ヴィンセント・ヴィダル・ストレムブラード王子殿下はとても素敵な男性だ。
物腰も柔らかく、こうしてエスコートされる時も気遣われているのがわかる。
きっと女性に大変な人気だろうと思う。
実際、特にグリムヒルトの諸侯や官吏のお嬢さん方は今もウットリ殿下を見つめている。
早速組み合い、音楽が始まるのを待つ。
テンポの優雅な音楽が流れる。
「王妃陛下はダンスはお得意ですか?」
こっそり耳元で話しかけてこられる。
「得意という程ではありません。嗜む程度ですよ?」
にこりと微笑むと、王子殿下も同じ様に笑ってくれた。
「そうですか。それなら私と同じですね、よかった」
こうして踊っていたらわかるけれど、多分それは謙遜だ。王子殿下は多分凄く踊れる人だと思う。
「所で王妃陛下のご出身のマグダラスとはどんなお国だったのですか?」
「地の利に救われてなんとか生活している貧しい国ですよ。そんな国の王女を陛下のご温情で正妃にして頂きました」
「そうでしたか。慣れない国での王妃としての生活は大変でしょう。遠く離れてはいますが、何かあればお力になります」
「ありがとうございます。プトレド第二王子殿下はお優しい方ですね」
「どうぞ私の事はヴィンセントとお呼び下さい」
「そういう訳には参りません……。それでは未来の王子殿下の花嫁様にヤキモチを焼かれてしまいますでしょう?」
他国の王子を名前呼びなんて出来ないし、私の事も同じ様に名前で呼んでもらう事も難しいだろう。
私は笑顔でなんとかお断りする。
「私には婚約者はおりませんよ。無骨者でして来手がありません。……困らせてしまいましたね、申し訳ありません」
困った様な笑顔で私に謝る。
「こちらこそどうかお許し下さいね。お気持ちとても嬉しく思っております」
私も笑顔で謝罪しておく。
自分一人の気持ちとしては全然レイティアと呼んで貰って構わないけど、今のグリムヒルト王国の正妃という立場はきっとそんな風に呼ばれる事を他国の人に安易に赦してはいけない。
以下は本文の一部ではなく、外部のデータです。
// Rules with weights, linked by their first events.
ghost use Rattle.std.specs.Prelude.{◌≡◌, ◌≤◌, length};
ghost use Rattle.rules.specs.Bounds.{max_count};
ghost use Rattle.rules.specs.Meets.{EventsBelow};
ghost use Rattle.rules.specs.Places.{first_of};
ghost use Rattle.links.specs.Links.{Linked};
ghost use Rattle.search.specs.Networks.{network};
ghost use Rattle.search.specs.Searches.{NoneNegative};

use delays::Delay;
use links::{Links, link};
use rules::Rule;

// Links the places of all rules by first event.
pub fn link_rules(rules: &[Rule], heads: &mut [Option<u16>], nexts: &mut [Option<u16>])
    requires few { length rules.now ≤ max_count }
    requires events { EventsBelow (length heads.old) rules.now }
    requires nexts { length rules.now ≤ length nexts.old }
    ensures { Linked (first_of rules.now) (length rules.now) heads.new nexts.new }
{
    heads.fill(None);
    for (place, rule) in rules.iter().enumerate() {
        link(heads, nexts, rule.first as usize, place as u16);
    }
}

// What a search goes by: rules, the weight of the rule at each place, and the places of the rules that leave each event.
// Weights stand beside the rules, which are the caller's own list: together they would be copied, and no call may allocate.
#[derive(Drop)]
pub struct Network<'a, K: Delay> {
    pub rules: &'a [Rule],
    pub weights: &'a [K],
    pub links: Links<'a>,
    pub ghost weighed: { length rules.now ≤ length weights.now },
    pub ghost rising: { NoneNegative (network K.Delay rules.now weights.now) },
    pub ghost linked: { Linked (first_of rules.now) (length rules.now) links.heads.now links.nexts.now },
}

impl<'a, K: Delay> Network<'a, K> {
    // The rules with these weights, linked by first event.
    pub fn new(
        rules: &'a [Rule],
        weights: &'a [K],
        heads: &'a mut [Option<u16>],
        nexts: &'a mut [Option<u16>],
    ) -> Self
        requires few { length rules.now ≤ max_count }
        requires events { EventsBelow (length heads.old) rules.now }
        requires weights { length rules.now ≤ length weights.now }
        requires nexts { length rules.now ≤ length nexts.old }
        requires rising { NoneNegative (network K.Delay rules.now weights.now) }
        ensures rules { result.rules.now ≡ rules.now }
        ensures weights { result.weights.now ≡ weights.now }
        ensures heads { length result.links.heads.now ≡ length heads.old }
    {
        link_rules(rules, heads, nexts);
        Network {
            rules,
            weights,
            links: Links { heads, nexts },
        }
    }
}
私が誰かと仲良くなる事は陛下にも大きな影響を与える。
曲もそろそろ終わりそうだ。
また、王子が耳元で囁く。
「また機会がありましたら、踊って頂けますか?」
私は王子殿下を見上げて笑う。
「もちろんです。また是非」
こうしてダンスが終わり、一礼する。
すると次の曲の合間にビアニア王国第七王子、シーグヴァルド・クリストファー・ヴィーカンデル殿下がやって来た。
「私とも一曲お願い出来ますか?」
「はい、喜んで」
ビアニア第七王子殿下は一礼して、私の手を取った。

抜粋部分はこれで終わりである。